Some authors have proposed that Baccio da Filicaja may be identical with a figure named "Bacho de Filicaya," who appeared in Buenos Aires as a merchant in 1611. This individual reportedly constructed the city's first council building and the San Martín de Tours hospital in 1613 and, in 1619, was charged with reinforcing the prison walls of the Cabildo "for the security of the detainees." However, this identification remains speculative. The Buenos Aires Bacho de Filicaya would have been approximately 32 years old in 1611, whereas Baccio da Filicaja would have been 36. Despite several similarities—including their near contemporaneity, technical expertise in engineering and construction, and the disappearance of Baccio da Filicaja shortly before the appearance of Bacho de Filicaya in Buenos Aires—no documentary evidence has been found to conclusively support the hypothesis that they were the same individual.

== Vincenzo da Filicaja ==

Vincenzo da Filicaja was born in Florence in 1642. He later gained prominence as a poet and intellectual. Although Florentine by birth, he spent much of his life at Filicaja, which he continued to refer to by its earlier name, Figline. At around the age of forty, he published his first poetic works, which brought him public recognition. His reputation was enhanced by his cultural association and friendship with Christina, Queen of Sweden, who, after converting to Catholicism, resided in Rome.

Filicaja distanced himself from the prevailing literary style of Marinism and instead focused on sacred, philosophical, and political themes. In 1687, Christina of Sweden reportedly assisted him financially by paying the tuition fees at the Tolomei School for his son Braccio. Throughout his life, Filicaja experienced persistent financial difficulties and was reluctant to accept public office, fearing it would compromise his intellectual independence.
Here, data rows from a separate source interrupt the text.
// Where the records of a sheet stand.
#![tactic(auto)]

mod places;

pub use places::{LK_SIZE, Layout, ND_SIZE, OP_SIZE, PD_SIZE, heading, link_place, node_place};
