// Line 5 of the verdict: would a link's own law move its flow?
#![tactic(auto)]

ghost use Rattle.std.specs.Prelude.{◌≡◌, ◌<◌, ◌≤◌, length};
ghost use Rattle.layout.specs.Places.{Laid};
ghost use Rattle.links.specs.Links.{EndsIn};
ghost use Rattle.link_rows.specs.LinkRows.{view};
ghost use Rattle.link_laws.specs.LinkLaws.{change_by, slight, moves, unsettled_of};

use coefficient::Coefficients;
use layout::Layout;
use link_rows::coefficients_at;
use links::link;
use nodes::is_enabled;
use power::PowerTable;
use records::Link;
use search::first_where;
use tolerance::{Limits, within};

// The change of a link's flow by its law, as crate update has it before damping.
fn change_by(k: Link, c: Coefficients, heads: &[f64]) -> f64
    requires { (k.start < length heads.now) × (k.end < length heads.now) }
    ensures { result ≡ change_by heads.now k c }
{
    let start = k.start;
    let end = k.end;
    let dh = heads[start] - heads[end];
    c.offset - c.conductance * dh
}

// Whether a change is small: by itself, or as the change of a head. One of the two is a fair measure
// at each end, since conductances run from 1e-8 to 1e8.
fn is_slight(m: f64, g: f64, limits: Limits) -> bool
    ensures { result ≡ slight m g limits }
{
    let by_flow = within(m, limits.flow);
    let by_head = within(m, limits.head * g);
    by_flow | by_head
}

// Whether link j is in service and its law would move it.
fn moves_at(
    sheet: &[u8],
    l: Layout,
    table: &PowerTable,
    j: usize,
    heads: &[f64],
    flows: &[f64],
    statuses: &[u8],
    excess: &[f64],
    limits: Limits,
) -> bool
    requires laid { Laid l sheet.now }
    requires ends_in { EndsIn l sheet.now }
    requires nodes_in_bounds { (l.nodes ≤ length heads.now) × ((l.nodes ≤ length excess.now) × ((l.links ≤ length flows.now) × (l.links ≤ length statuses.now))) }
    requires j_lt_links { j < l.links }
    ensures { result ≡ moves sheet.now l (view heads.now flows.now statuses.now excess.now) limits j }
{
    let k = link(sheet, l, j);
    let start = k.start;
    let end = k.end;
    if is_enabled(sheet, l, start) & is_enabled(sheet, l, end) {
        let c = coefficients_at(sheet, l, table, k, j, flows, statuses, excess);
        let m = change_by(k, c, heads);
        return !is_slight(m, c.conductance, limits);
    }
    false
}

// The lowest link in service that its own law would move, by its coefficients at this flow, status
// and these excess flows, neither within `flow` of 0 nor within `head` times its conductance.
pub fn unsettled(
    sheet: &[u8],
    l: Layout,
    table: &PowerTable,
    heads: &[f64],
    flows: &[f64],
    statuses: &[u8],
    excess: &[f64],
    limits: Limits,
) -> Option<usize>
    requires laid { Laid l sheet.now }
    requires ends_in { EndsIn l sheet.now }
    requires nodes_in_bounds { (l.nodes ≤ length heads.now) × ((l.nodes ≤ length excess.now) × ((l.links ≤ length flows.now) × (l.links ≤ length statuses.now))) }
    ensures { result ≡ unsettled_of sheet.now l (view heads.now flows.now statuses.now excess.now) limits }
{
    first_where(l.links, |j| {
        moves_at(sheet, l, table, j, heads, flows, statuses, excess, limits)
    })
}
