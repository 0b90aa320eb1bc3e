// Where the records of a sheet stand: one OP, a PD or none, then all ND, then all LK.
ghost use Rattle.std.specs.Prelude.{◌≡◌, ◌^◌, ◌<◌};
ghost use Rattle.layout.specs.Places.{heading, node_place, link_place};

// The sizes of the records in bytes, mark included.
pub const OP_SIZE: usize = 29;

pub const PD_SIZE: usize = 18;

pub const ND_SIZE: usize = 45;

pub const LK_SIZE: usize = 49;

// What is known of a sheet that was read: how many nodes, links and unknowns it has, where its
// first node and its first link stand, how far a link is from the next, and whether a PD stands
// behind its OP.
#[derive(Clone, Copy)]
pub struct Layout {
    pub nodes: usize,
    pub links: usize,
    pub unknowns: usize,
    pub node0: usize,
    pub link0: usize,
    pub stride: usize,
    pub pressures: bool,
}

// How many bytes stand before the first node.
pub fn heading(pressures: bool) -> usize
    ensures { result ≡ heading pressures }
{
    if pressures {
        return OP_SIZE + PD_SIZE;
    }
    OP_SIZE
}

// The byte offset of node i.
pub fn node_place(l: Layout, i: usize) -> usize
    requires { node_place l i < 2 ^ 64 }
    ensures { result ≡ node_place l i }
{
    l.node0 + ND_SIZE * i
}

// The byte offset of link j.
pub fn link_place(l: Layout, j: usize) -> usize
    requires { link_place l j < 2 ^ 64 }
    ensures { result ≡ link_place l j }
{
    l.link0 + l.stride * j
}
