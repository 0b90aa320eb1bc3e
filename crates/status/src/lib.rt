// The changes of a link's status (document 01, item 5): pipe.rs, valve.rs and link.rs; and why (document 02, [2]).
#![tactic(auto)]

ghost use Rattle.std.specs.Prelude.{◌≡◌};
ghost use Rattle.status.specs.Rules.{becomes_if, closed_if_negative, pipe_status, prv_status, psv_status, updated_of, is_active};

use causes::Cause;
use constants::{H_TOL, Q_TOL};
use records::{LinkKind, Status};

// The new status of a link and its cause, if a rule gives one.
pub type Change = Option<(Status, Cause)>;

// A pipe that a tank shut opens again.
fn pipe_status(status: Status) -> Change
    ensures { result ≡ pipe_status status }
{
    match status {
        Status::TempClosed => Some((Status::Open, Cause::Reopened)),
        _ => None,
    }
}

// A status with its cause, if the test holds.
#[tactic(auto, unfolding(crate::specs::Rules::becomes_if))]
fn becomes_if(test: bool, status: Status, cause: Cause) -> Change
    ensures { result ≡ becomes_if test status cause }
{
    if test { Some((status, cause)) } else { None }
}

// Closed if the flow is negative.
fn closed_if_negative(q: f64, change: Change) -> Change
    ensures { result ≡ closed_if_negative q change }
{
    if q < -Q_TOL {
        return Some((Status::Closed, Cause::ReverseFlow));
    }
    change
}

// The new status of a PRV, by the head that it holds at its end.
fn prv_status(target: f64, status: Status, q: f64, head_start: f64, head_end: f64) -> Change
    ensures { result ≡ prv_status target status q head_start head_end }
{
    let inlet_low = head_start < target - H_TOL;
    let outlet_high = head_end > target + H_TOL;
    match status {
        Status::Active => {
            closed_if_negative(q, becomes_if(inlet_low, Status::Open, Cause::InletTooLow))
        }
        Status::Open => {
            closed_if_negative(
                q,
                becomes_if(outlet_high, Status::Active, Cause::OutletTooHigh),
            )
        }
        Status::Closed => {
            if (head_start >= target + H_TOL) & (head_end < target - H_TOL) {
                return Some((Status::Active, Cause::Reopened));
            }
            let opens = inlet_low & (head_start > head_end + H_TOL);
            becomes_if(opens, Status::Open, Cause::Reopened)
        }
        Status::XPressure => closed_if_negative(q, None),
        _ => None,
    }
}

// The new status of a PSV, by the head that it holds at its start.
fn psv_status(target: f64, status: Status, q: f64, head_start: f64, head_end: f64) -> Change
    ensures { result ≡ psv_status target status q head_start head_end }
{
    let inlet_low = head_start < target - H_TOL;
    let outlet_high = head_end > target + H_TOL;
    match status {
        Status::Active => {
            closed_if_negative(
                q,
                becomes_if(outlet_high, Status::Open, Cause::OutletTooHigh),
            )
        }
        Status::Open => {
            closed_if_negative(q, becomes_if(inlet_low, Status::Active, Cause::InletTooLow))
        }
        Status::Closed => {
            let falls = head_start > head_end + H_TOL;
            if outlet_high & falls {
                return Some((Status::Open, Cause::Reopened));
            }
            let regulates = (head_start > target + H_TOL) & falls;
            becomes_if(regulates, Status::Active, Cause::Reopened)
        }
        Status::XPressure => closed_if_negative(q, None),
        _ => None,
    }
}

// The new status of a link and its cause.
pub fn updated(
    kind: LinkKind,
    status: Status,
    setting: f64,
    q: f64,
    head_start: f64,
    head_end: f64,
    elevation_start: f64,
    elevation_end: f64,
) -> Change
    ensures { result ≡ updated_of kind status setting q head_start head_end elevation_start elevation_end }
{
    match kind {
        LinkKind::Pipe => pipe_status(status),
        LinkKind::Prv => prv_status(setting + elevation_end, status, q, head_start, head_end),
        LinkKind::Psv => psv_status(setting + elevation_start, status, q, head_start, head_end),
        _ => None,
    }
}

// Whether a valve regulates.
#[tactic(auto, unfolding(crate::specs::Rules::is_active))]
pub fn is_active(status: Status) -> bool
    ensures { result ≡ is_active status }
{
    // a freed valve holds nothing
    matches!(status, Status::Active)
}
Christina's patronage played a significant role in alleviating these constraints.

Following Christina's death, Filicaja sought more stable sources of income. He succeeded in obtaining a position for his son Baccio as a page at the Medici court. After the early death of his son Braccio, Filicaja accepted the office of senator, reportedly "not out of ambition but out of necessity." He was subsequently appointed Commissioner of Volterra and later of Pisa.

Vincenzo da Filicaja died in Florence in 1707 from what contemporary sources described as a "chest illness." He was buried in the Chapel of Saint Julian in the church of San Pier Maggiore. When the church was demolished at the end of the 18th century, a commemorative plaque was placed in his honour in the Basilica of Santa Croce.

=== The story of Giuseppe Galletti ===

According to later accounts, in 1688 Giuseppe Galletti, a servant in the household of Senator Vincenzo da Filicaja, developed an obsessive fascination with public executions held in the area outside Porta alla Croce. Galletti, who was reportedly treated with consideration by his employer, attended several executions and became increasingly preoccupied with the spectacle.

The story recounts that Galletti deliberately sought his own execution. Initially, he began stealing small sums from da Filicaja, gradually increasing the amounts. When these actions failed to attract attention, he committed a more serious offence by breaking into the church of Santa Brigida on Via del Paradiso and stealing a valuable silver bell. He reportedly made no attempt to conceal his identity or actions, leaving evidence that led to his swift arrest.

Galletti was sentenced to death, not solely for theft but for the desecration of a sacred site. He was executed later that year at the same location where he had previously observed executions. Contemporary narratives describe him as calm and resolute during his final moments, a demeanour that reportedly astonished the Confortatori Neri, the religious confraternity tasked with accompanying condemned prisoners to their deaths.

This episode is generally regarded as an anecdotal and moralising account reflecting early modern attitudes toward crime, punishment, and spectacle, rather than as a fully verifiable historical record.